▼

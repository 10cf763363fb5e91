//! Lassos of steps that never end: worked rows, and a walk along each that is found.
use super::demanded_ends_tests::{NO_LABELS, pattern_set};
use super::end_states_tests::{LIVELOCK, MEETING, SERVER, flag_of, form_after};
use super::ends_comparison::{LOOPS, SETS};
use super::ends_oracle::{LIMIT, steps_of_forms};
use super::gate_names::texts_of;
use super::label_set::LabelSet;
use super::lasso_walk::is_lasso;
use super::recurrence_tests::forms;
use super::term_list::{PrintedStep, TermList};
use super::texts::{assert_holds, assert_number, assert_text, label_text};
use lotos_ends::{EndStates, Lasso};
use lotos_pattern::EndKind;
use lotos_terms::Label;
use std::alloc::{AllocError, Global};
use std::process::Abort;
use std::test::Fail;

/// A row of two labels before a loop of one.
const ROW_AND_LOOP: &str =
    "specification S [a, b, c] : noexit behaviour a; b; P [c] where process P [c] : noexit := c; P [c] endproc endspec";

/// A row of one label before a loop of three, of which one is internal.
const ROW_AND_LONG_LOOP: &str =
    "specification S [a, b, c] : noexit behaviour c; P [a, b] where process P [a, b] : noexit := a; i; b; P [a, b] endproc endspec";

/// A step that comes first and leads to an end, and one that goes on.
const DEAD_END: &str =
    "specification S [a, b] : noexit behaviour P [a, b] where process P [a, b] : noexit := a; stop [] b; P [a, b] endproc endspec";

/// What is tested, a specification, the labels on a way from the start, the kind of end, the names of a set and whether
/// they are left out of it, and the lasso that begins at the form after this way, with the loop in brackets.
type Row = (
    &'static str,
    &'static str,
    &'static [&'static str],
    EndKind,
    &'static [&'static str],
    bool,
    &'static str,
);

/// Found by hand.
const ROWS: &[Row] = &[
    (
        "internal steps for ever",
        LIVELOCK,
        &["A", "B"],
        EndKind::Livelock,
        &[],
        false,
        " [ i ]",
    ),
    (
        "no internal steps for ever",
        LIVELOCK,
        &["A"],
        EndKind::Livelock,
        &["A"],
        false,
        "none",
    ),
    (
        "a loop of a label and an internal step",
        LIVELOCK,
        &[],
        EndKind::Forever,
        &["A"],
        false,
        " [ A i ]",
    ),
    (
        "the same loop from its other form",
        LIVELOCK,
        &["A"],
        EndKind::Forever,
        &["A"],
        false,
        " [ i A ]",
    ),
    (
        "requests without an answer",
        SERVER,
        &["REQ"],
        EndKind::Forever,
        &["RSP"],
        true,
        " [ i NAK REQ ]",
    ),
    (
        "answers without a request",
        SERVER,
        &["REQ"],
        EndKind::Forever,
        &["REQ"],
        true,
        "none",
    ),
    (
        "a loop after a row",
        ROW_AND_LOOP,
        &[],
        EndKind::Forever,
        &["A", "B", "C"],
        false,
        " A B [ C ]",
    ),
    (
        "a loop after a shorter row",
        ROW_AND_LOOP,
        &["A"],
        EndKind::Forever,
        &["A"],
        true,
        " B [ C ]",
    ),
    (
        "a row within the set before a loop outside of it",
        ROW_AND_LOOP,
        &[],
        EndKind::Forever,
        &["A", "B"],
        false,
        "none",
    ),
    (
        "a loop of three after a row",
        ROW_AND_LONG_LOOP,
        &[],
        EndKind::Forever,
        &[],
        true,
        " C [ A i B ]",
    ),
    (
        "a first step that leads to an end",
        DEAD_END,
        &[],
        EndKind::Forever,
        &["A", "B"],
        false,
        " [ B ]",
    ),
    (
        "steps that end",
        MEETING,
        &["A"],
        EndKind::Forever,
        &[],
        true,
        "none",
    ),
];

/// The labels, each after a blank.
fn add_labels(out: &mut String, names: &[String], labels: &[Label]) -> Result<(), AllocError> {
    for label in labels {
        out.push_str(" ")?;
        out.push_str(label_text(names, *label))?;
    }
    Ok(())
}

/// The row and then the loop in brackets, or `none`.
fn lasso_text(
    alloc: Global,
    names: &[String],
    found: &Option<Lasso>,
) -> Result<String, AllocError> {
    match found {
        None => String::from_str(alloc, "none"),
        Some(lasso) => {
            let mut out = String::new(alloc);
            add_labels(&mut out, names, lasso.row.as_slice())?;
            out.push_str(" [")?;
            add_labels(&mut out, names, lasso.turn.as_slice())?;
            out.push_str(" ]")?;
            Ok(out)
        }
    }
}

/// The set whose steps go on for ever, for a kind of end.
fn followed_set(kind: EndKind, set: LabelSet) -> LabelSet {
    match kind {
        EndKind::Livelock => NO_LABELS,
        _ => set,
    }
}

/// The lasso at the form with an index.
fn lasso_at(
    alloc: Global,
    list: &mut TermList,
    ends: &EndStates,
    index: usize,
    set: LabelSet,
) -> Result<Option<Lasso>, Fail> {
    let flags = set.flags(alloc, list.gates())?;
    Ok(list.find_lasso(alloc, ends, index, &flags)?)
}

fn lasso_text_after(
    alloc: Global,
    list: &mut TermList,
    labels: &[&str],
    kind: EndKind,
    set: LabelSet,
) -> Result<String, Fail> {
    let index = form_after(alloc, list, labels)?;
    let demanded = pattern_set(alloc, set)?;
    let ends = list.find_ends(alloc, kind, &demanded, false, LIMIT)?;
    let found = lasso_at(alloc, list, &ends, index, followed_set(kind, set))?;
    let names = texts_of(alloc, list.gates())?;
    Ok(lasso_text(alloc, names.as_slice(), &found)?)
}

/// The lasso that begins at the form after the labels.
fn lasso_after(
    alloc: Global,
    text: &str,
    labels: &[&str],
    kind: EndKind,
    set: LabelSet,
) -> Result<String, Fail> {
    let mut list = TermList::new_normal(alloc, text)?;
    lasso_text_after(alloc, &mut list, labels, kind, set)
}

#[test]
fn lassos_of_worked_rows(rt: HostRuntime) -> Result<(), Fail> {
    for (subject, text, labels, kind, names, is_complement, expected) in ROWS {
        let set = LabelSet {
            names: *names,
            is_complement: *is_complement,
        };
        let found = lasso_after(rt.alloc(), text, labels, *kind, set)?;
        assert_text(&rt, subject, found.as_str(), expected);
    }
    Ok(())
}

/// Whether a lasso is found at the form exactly if it is such an end, and can be followed.
fn is_right_at(
    alloc: Global,
    list: &mut TermList,
    steps: &[Vec<PrintedStep>],
    ends: &EndStates,
    index: usize,
    set: LabelSet,
) -> Result<bool, Fail> {
    let is_end = flag_of(ends, list.term(index)?)?;
    match lasso_at(alloc, list, ends, index, set)? {
        None => Ok(!is_end),
        Some(lasso) => Ok(is_end && is_lasso(alloc, steps, index, set, &lasso)?),
    }
}

/// The number of forms at which a lasso is missed, or found and none.
fn count_wrong_lassos(
    alloc: Global,
    list: &mut TermList,
    steps: &[Vec<PrintedStep>],
    kind: EndKind,
    set: LabelSet,
) -> Result<usize, Fail> {
    let demanded = pattern_set(alloc, set)?;
    let ends = list.find_ends(alloc, kind, &demanded, false, LIMIT)?;
    let mut wrong: usize = 0;
    for index in 0..steps.len() {
        if !is_right_at(alloc, list, steps, &ends, index, followed_set(kind, set))? {
            wrong = wrong.saturating_add(1);
        }
    }
    Ok(wrong)
}

fn count_wrong_in_sets(
    alloc: Global,
    list: &mut TermList,
    steps: &[Vec<PrintedStep>],
) -> Result<usize, Fail> {
    let mut wrong = count_wrong_lassos(alloc, list, steps, EndKind::Livelock, NO_LABELS)?;
    for set in SETS {
        let more = count_wrong_lassos(alloc, list, steps, EndKind::Forever, *set)?;
        wrong = wrong.saturating_add(more);
    }
    Ok(wrong)
}

/// The number of wrong lassos of a specification, for each set.
fn count_wrong_of(alloc: Global, text: &str) -> Result<usize, Fail> {
    let mut list = TermList::new_normal(alloc, text)?;
    count_wrong_of_list(alloc, &mut list)
}

fn count_wrong_of_list(alloc: Global, list: &mut TermList) -> Result<usize, Fail> {
    let steps = steps_of_forms(alloc, list)?;
    count_wrong_in_sets(alloc, list, steps.as_slice())
}

#[test]
fn lassos_of_loops_can_be_followed(rt: HostRuntime) -> Result<(), Fail> {
    for (subject, text) in LOOPS {
        let wrong = count_wrong_of(rt.alloc(), text)?;
        assert_number(&rt, subject, wrong, 0);
    }
    Ok(())
}

#[test]
fn lassos_of_recursions_can_be_followed(rt: HostRuntime) -> Result<(), Fail> {
    for (subject, text, _) in forms() {
        let wrong = count_wrong_of(rt.alloc(), text)?;
        assert_number(&rt, subject, wrong, 0);
    }
    Ok(())
}

/// Without flags no lasso is found at a term that is not reached.
#[test]
fn no_lasso_at_other_terms(rt: HostRuntime) -> Result<(), Fail> {
    let found = lasso_at_other_term(rt.alloc())?;
    assert_holds(&rt, "no lasso at a term that is not reached", !found);
    Ok(())
}

/// Whether a lasso is found at the body of a prefix that is no normal form, though it goes on for ever.
fn lasso_at_other_term(alloc: Global) -> Result<bool, Fail> {
    let mut list = TermList::new_normal(alloc, ROW_AND_LOOP)?;
    let ends = ends_of_all_labels(alloc, &mut list)?;
    list.add_successors(alloc, 0)?;
    list.add_successors(alloc, 1)?;
    let all = LabelSet {
        names: &[],
        is_complement: true,
    };
    let found = lasso_at(alloc, &mut list, &ends, 2, all)?;
    Ok(found.is_some())
}

fn ends_of_all_labels(alloc: Global, list: &mut TermList) -> Result<EndStates, Fail> {
    let demanded = pattern_set(
        alloc,
        LabelSet {
            names: &[],
            is_complement: true,
        },
    )?;
    Ok(list.find_ends(alloc, EndKind::Forever, &demanded, false, LIMIT)?)
}
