//! Steps that go round, with what makes the internal ones: worked rows.
use super::accepted_text::table_of;
use super::gate_names::texts_of;
use super::origin_tests::{add_text, labels_of};
use super::texts::{assert_text, label_text};
use lotos_normal::NormalTable;
use lotos_origins::{Origin, Round, find_round};
use lotos_terms::Label;
use std::alloc::{AllocError, Global};
use std::process::Abort;
use std::test::Fail;

/// What is tested, a specification, a row and a loop of labels, and the steps that go round, with the loop in brackets. An
/// internal step is written by what makes it.
type Row = (
    &'static str,
    &'static str,
    &'static [&'static str],
    &'static [&'static str],
    &'static str,
);

/// Worked out by hand.
const ROWS: &[Row] = &[
    (
        "an internal action of the text",
        "specification S [a] : noexit behaviour a; L where process L : noexit := i; L endproc endspec",
        &["A"],
        &["i"],
        " A [ i ]",
    ),
    (
        "labels, and more of them than a turn before the loop",
        "specification S [a] : noexit behaviour P [a] where process P [x] : noexit := x; P [x] endproc endspec",
        &["A", "A", "A"],
        &["A", "A"],
        " A A A [ A A ]",
    ),
    (
        "a step out of the loop beside it",
        "specification S [a] : noexit behaviour hide s, t in P [s, t] where process P [x, y] : noexit := x; stop [] y; P [x, y] endproc endspec",
        &[],
        &["i"],
        " [ i(T) ]",
    ),
    (
        "a process beside the loop that makes one step",
        "specification S [a] : noexit behaviour hide s, t in (P [t] ||| s; stop) where process P [x] : noexit := x; P [x] endproc endspec",
        &[],
        &["i"],
        " [ i(T) ]",
    ),
    (
        "a step that disables the loop",
        "specification S [a] : noexit behaviour hide s, t in (P [t] [> s; stop) where process P [x] : noexit := x; P [x] endproc endspec",
        &[],
        &["i"],
        " [ i(T) ]",
    ),
    (
        "gates that take turns",
        "specification S [a] : noexit behaviour hide s, t in P [s, t] where process P [x, y] : noexit := x; P [y, x] endproc endspec",
        &[],
        &["i"],
        " [ i(S) i(T) ]",
    ),
    (
        "gates that take turns, in a process that has one name for both, after the step from its call",
        "specification S [g] : noexit behaviour Q [g, g] where process Q [s, t] : noexit := hide s, t in P [s, t] endproc process P [x, y] : noexit := x; P [y, x] endproc endspec",
        &[],
        &["i"],
        " i(S) [ i(T) i(S) ]",
    ),
    (
        "three gates that take turns",
        "specification S [a] : noexit behaviour hide s, t, u in P [s, t, u] where process P [x, y, z] : noexit := x; P [y, z, x] endproc endspec",
        &[],
        &["i"],
        " [ i(S) i(T) i(U) ]",
    ),
    (
        "a first turn by another gate",
        "specification S [a] : noexit behaviour hide s in P [s] where process P [x] : noexit := hide t in (x; P [t]) endproc endspec",
        &[],
        &["i"],
        " i(S) [ i(T) ]",
    ),
    (
        "a loop beside another process",
        "specification S [a, b] : noexit behaviour a; b; stop ||| (hide t in P [t]) where process P [x] : noexit := x; P [x] endproc endspec",
        &["A"],
        &["i"],
        " A [ i(T) ]",
    ),
    (
        "a loop in the left operand of an enabling",
        "specification S [a] : noexit behaviour hide s in (P [s, a] >> a; stop) where process P [x, y] : exit := x; y; P [x, y] [] x; exit endproc endspec",
        &[],
        &["i", "A"],
        " [ i(S) A ]",
    ),
];

/// Appends the labels, each after a blank, the internal ones by their origins.
fn add_labels(
    names: &[String],
    labels: &[Label],
    origins: &[Origin],
    into: &mut String,
) -> Result<(), AllocError> {
    let mut internal = 0usize;
    for label in labels {
        into.push_str(" ")?;
        match (*label, origins.get(internal)) {
            (Label::Internal, Some(origin)) => {
                add_text(names, *origin, into)?;
                internal = internal.saturating_add(1);
            }
            _ => into.push_str(label_text(names, *label))?,
        }
    }
    Ok(())
}

/// The steps that go round.
fn round_text(alloc: Global, names: &[String], round: &Round) -> Result<String, AllocError> {
    let mut text = String::new(alloc);
    let row = round.row.as_slice();
    let turn = round.turn.as_slice();
    add_labels(names, row, round.row_origins.as_slice(), &mut text)?;
    text.push_str(" [")?;
    add_labels(names, turn, round.turn_origins.as_slice(), &mut text)?;
    text.push_str(" ]")?;
    Ok(text)
}

/// What is found from the start of a table along a row and a loop.
fn found(
    alloc: Global,
    table: &mut NormalTable,
    row: &[&str],
    turn: &[&str],
) -> Result<String, Fail> {
    let names = texts_of(alloc, table.gates())?;
    let row = labels_of(alloc, names.as_slice(), row)?;
    let turn = labels_of(alloc, names.as_slice(), turn)?;
    if turn.is_empty() {
        Err("a loop without labels")?;
    }
    let start = table.start();
    let round = find_round(alloc, table, start, row.as_slice(), turn.as_slice())?;
    Ok(round_text(alloc, names.as_slice(), &round)?)
}

#[test]
fn rounds(rt: HostRuntime) -> Result<(), Fail> {
    for (subject, text, row, turn, expected) in ROWS {
        let mut table = table_of(rt.alloc(), text)?;
        let text = found(rt.alloc(), &mut table, row, turn)?;
        assert_text(&rt, subject, text.as_str(), expected);
    }
    Ok(())
}
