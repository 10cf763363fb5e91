//! What can still come, in worked rows, and the bound on the normal forms.
use super::label_set::LabelSet;
use super::term_list::TermList;
use super::term_list_error::TermListError;
use super::texts::assert_holds;
use lotos_ends::{EndStates, EndsFault};
use lotos_terms::Term;
use std::alloc::Global;
use std::process::Abort;
use std::test::Fail;

/// A loop by `A` and a hidden step, until `B` comes; then internal steps for ever.
pub const LIVELOCK: &str =
    "specification V [a, b] : noexit behaviour hide h in P [a, b, h] where process P [a, b, h] : noexit := a; (h; P [a, b, h] [] b; Q [h]) endproc process Q [h] : noexit := h; Q [h] endproc endspec";

/// A server that answers each request, or refuses to.
pub const SERVER: &str =
    "specification D [req, rsp, nak] : noexit behaviour S [req, rsp, nak] where process S [req, rsp, nak] : noexit := req; (rsp; S [req, rsp, nak] [] i; nak; S [req, rsp, nak]) endproc endspec";

/// Two sides that meet at a hidden gate, and a label after both.
pub const MEETING: &str =
    "specification G [a, b, c] : exit behaviour hide s in ((a; s; exit) |[s]| (s; b; exit)) >> c; exit endspec";

/// A room that is entered and left by turns.
const ROOM: &str =
    "specification T [win, wout, bell, rin, rout] : noexit behaviour R [win, wout, bell, rin, rout] where process R [win, wout, bell, rin, rout] : noexit := win; bell; rin; rout; wout; R [win, wout, bell, rin, rout] endproc endspec";

/// What is tested, a specification, the labels on a way from the start, a set by names and whether they are left out of
/// it, whether a label of the set can come after this way, and whether each row of steps within the set ends there.
type Row = (
    &'static str,
    &'static str,
    &'static [&'static str],
    &'static [&'static str],
    bool,
    bool,
    bool,
);

/// Found by hand.
const ROWS: &[Row] = &[
    (
        "no label at the start of a loop",
        LIVELOCK,
        &[],
        &[],
        false,
        false,
        true,
    ),
    (
        "no label within a loop",
        LIVELOCK,
        &["A"],
        &[],
        false,
        false,
        true,
    ),
    (
        "internal steps for ever",
        LIVELOCK,
        &["A", "B"],
        &[],
        false,
        false,
        false,
    ),
    (
        "a label of a loop at its start",
        LIVELOCK,
        &[],
        &["A"],
        false,
        true,
        false,
    ),
    (
        "a label of a loop within it",
        LIVELOCK,
        &["A"],
        &["A"],
        false,
        true,
        false,
    ),
    (
        "a label of a loop after one turn",
        LIVELOCK,
        &["A", "i", "A", "i"],
        &["A"],
        false,
        true,
        false,
    ),
    (
        "a label of a loop that is over",
        LIVELOCK,
        &["A", "B"],
        &["A"],
        false,
        false,
        false,
    ),
    (
        "a label that ends a loop",
        LIVELOCK,
        &["A"],
        &["B"],
        false,
        true,
        false,
    ),
    (
        "both labels, and the loop is over",
        LIVELOCK,
        &["A", "B"],
        &["A", "B"],
        false,
        false,
        false,
    ),
    (
        "all labels for ever",
        LIVELOCK,
        &["A"],
        &[],
        true,
        true,
        false,
    ),
    (
        "a server without its answer, at the start",
        SERVER,
        &[],
        &["RSP", "i"],
        true,
        true,
        false,
    ),
    (
        "a server without its answer, after a request",
        SERVER,
        &["REQ"],
        &["RSP", "i"],
        true,
        true,
        false,
    ),
    (
        "an answer, after a request",
        SERVER,
        &["REQ"],
        &["RSP"],
        false,
        true,
        true,
    ),
    (
        "an answer, after a refusal begins",
        SERVER,
        &["REQ", "i"],
        &["RSP"],
        false,
        true,
        true,
    ),
    (
        "requests and answers",
        SERVER,
        &["REQ", "i"],
        &["REQ", "RSP"],
        false,
        true,
        true,
    ),
    (
        "requests and answers, after a refusal",
        SERVER,
        &["REQ", "i", "NAK"],
        &["REQ", "RSP"],
        false,
        true,
        false,
    ),
    (
        "a termination of a server",
        SERVER,
        &[],
        &["exit"],
        false,
        false,
        true,
    ),
    (
        "all but a request",
        SERVER,
        &["REQ"],
        &["REQ", "i"],
        true,
        true,
        true,
    ),
    (
        "a last label, at the start",
        MEETING,
        &[],
        &["C"],
        false,
        true,
        true,
    ),
    (
        "a last label, just before it",
        MEETING,
        &["A", "i", "B", "i"],
        &["C"],
        false,
        true,
        true,
    ),
    (
        "a last label, after it",
        MEETING,
        &["A", "i", "B", "i", "C"],
        &["C"],
        false,
        false,
        true,
    ),
    (
        "a first label, after it",
        MEETING,
        &["A"],
        &["A"],
        false,
        false,
        true,
    ),
    (
        "all labels, at the start of few steps",
        MEETING,
        &[],
        &[],
        true,
        true,
        true,
    ),
    (
        "a termination that comes",
        MEETING,
        &["A", "i", "B", "i", "C"],
        &["exit"],
        false,
        true,
        true,
    ),
    (
        "a termination that has come",
        MEETING,
        &["A", "i", "B", "i", "C", "exit"],
        &["exit"],
        false,
        false,
        true,
    ),
    (
        "all labels, after a termination",
        MEETING,
        &["A", "i", "B", "i", "C", "exit"],
        &[],
        true,
        false,
        true,
    ),
    (
        "all but the labels that are left",
        MEETING,
        &["A", "i", "B", "i"],
        &["C", "exit", "i"],
        true,
        false,
        true,
    ),
    (
        "internal steps, before the last label",
        MEETING,
        &["A"],
        &["i"],
        false,
        true,
        true,
    ),
    (
        "internal steps, when there are none left",
        MEETING,
        &["A", "i", "B", "i"],
        &["i"],
        false,
        false,
        true,
    ),
    (
        "one label of a ring",
        ROOM,
        &["WIN"],
        &["RIN"],
        false,
        true,
        true,
    ),
    (
        "all but one label of a ring",
        ROOM,
        &["WIN"],
        &["RIN", "i"],
        true,
        true,
        true,
    ),
    (
        "all but one label of a ring, after it",
        ROOM,
        &["WIN", "BELL", "RIN"],
        &["RIN", "i"],
        true,
        true,
        true,
    ),
    (
        "all labels of a ring",
        ROOM,
        &["WIN"],
        &["WIN", "WOUT", "BELL", "RIN", "ROUT"],
        false,
        true,
        false,
    ),
    (
        "all but the labels of a ring",
        ROOM,
        &["WIN"],
        &["WIN", "WOUT", "BELL", "RIN", "ROUT"],
        true,
        false,
        true,
    ),
];

/// More normal forms than any specification here reaches.
const LIMIT: usize = 50;

/// The index of the form after the labels, from the first form of the list.
pub fn form_after(
    alloc: Global,
    list: &mut TermList,
    labels: &[&str],
) -> Result<usize, TermListError> {
    let mut index = 0;
    for label in labels {
        index = form_after_step(alloc, list, index, label)?;
    }
    Ok(index)
}

fn form_after_step(
    alloc: Global,
    list: &mut TermList,
    index: usize,
    label: &str,
) -> Result<usize, TermListError> {
    let steps = list.printed_normal_steps(alloc, index)?;
    for step in &steps {
        if step.text.as_str() == label {
            return Ok(step.to);
        }
    }
    Err(TermListError::Index)
}

/// The flag of a form.
pub fn flag_of(found: &EndStates, form: Term) -> Result<bool, TermListError> {
    match found.flag(form) {
        Some(flag) => Ok(flag),
        None => Err(TermListError::Index),
    }
}

fn can_come(alloc: Global, list: &mut TermList, set: LabelSet, form: Term) -> Result<bool, Fail> {
    let flags = set.flags(alloc, list.gates())?;
    let found = list.find_coming(alloc, &flags, LIMIT)?;
    Ok(flag_of(&found, form)?)
}

fn ends(alloc: Global, list: &mut TermList, set: LabelSet, form: Term) -> Result<bool, Fail> {
    let flags = set.flags(alloc, list.gates())?;
    let found = list.find_ending(alloc, flags, LIMIT)?;
    Ok(flag_of(&found, form)?)
}

/// Whether a label of the set can come after these labels, and whether each row of steps within the set ends there.
fn answers(
    alloc: Global,
    text: &str,
    labels: &[&str],
    set: LabelSet,
) -> Result<(bool, bool), Fail> {
    let mut list = TermList::new_normal(alloc, text)?;
    answers_in(alloc, &mut list, labels, set)
}

fn answers_in(
    alloc: Global,
    list: &mut TermList,
    labels: &[&str],
    set: LabelSet,
) -> Result<(bool, bool), Fail> {
    let index = form_after(alloc, list, labels)?;
    let form = list.term(index)?;
    let coming = can_come(alloc, list, set, form)?;
    let ending = ends(alloc, list, set, form)?;
    Ok((coming, ending))
}

#[test]
fn what_can_come_and_what_ends(rt: HostRuntime) -> Result<(), Fail> {
    for (subject, text, labels, names, is_complement, coming, ending) in ROWS {
        let set = LabelSet {
            names: *names,
            is_complement: *is_complement,
        };
        let found = answers(rt.alloc(), text, labels, set)?;
        assert_answers(&rt, subject, found, (*coming, *ending));
    }
    Ok(())
}

fn assert_answers(rt: &impl Abort, words: &str, found: (bool, bool), expected: (bool, bool)) {
    assert_eq!(rt; found, expected, "{}", words);
}

/// What a specification has, it, and the number of its normal forms, counted by hand.
pub const COUNTS: &[(&str, &str, usize)] = &[
    (
        "inaction alone",
        "specification S : noexit behaviour stop endspec",
        1,
    ),
    (
        "one form with one step",
        "specification S [a] : noexit behaviour P[a] where process P [x] : noexit := x; P[x] endproc endspec",
        1,
    ),
    ("a loop of two forms, and one after it", LIVELOCK, 3),
    ("a request, an answer and a refusal", SERVER, 3),
    ("a ring of five", ROOM, 5),
    ("a row of six steps", MEETING, 7),
];

/// Whether more forms are reached than the bound.
pub fn are_too_many(found: Result<EndStates, EndsFault>) -> Result<bool, EndsFault> {
    match found {
        Ok(_) => Ok(false),
        Err(EndsFault::TooManyStates) => Ok(true),
        Err(EndsFault::Memory) => Err(EndsFault::Memory),
    }
}

/// Whether both functions find too many forms, and whether one of them does.
fn exceed_bound(alloc: Global, text: &str, bound: usize) -> Result<(bool, bool), Fail> {
    let mut list = TermList::new_normal(alloc, text)?;
    exceed_bound_in(alloc, &mut list, bound)
}

/// The same of the forms that the first term of a list reaches.
pub fn exceed_bound_in(
    alloc: Global,
    list: &mut TermList,
    bound: usize,
) -> Result<(bool, bool), Fail> {
    let set = LabelSet {
        names: &["A"],
        is_complement: false,
    };
    let flags = set.flags(alloc, list.gates())?;
    let coming = are_too_many(list.find_coming(alloc, &flags, bound))?;
    let ending = are_too_many(list.find_ending(alloc, flags, bound))?;
    Ok((coming && ending, coming || ending))
}

#[test]
fn at_most_as_many_forms_as_the_bound(rt: HostRuntime) -> Result<(), Fail> {
    for (subject, text, count) in COUNTS {
        let (_, is_one) = exceed_bound(rt.alloc(), text, *count)?;
        assert_holds(&rt, subject, !is_one);
        let (are_both, _) = exceed_bound(rt.alloc(), text, count.saturating_sub(1))?;
        assert_holds(&rt, subject, are_both);
    }
    Ok(())
}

▲

** Task goal **
Work out how many lines of the material include the word "there", then answer with that number alone.

** Your solution **
3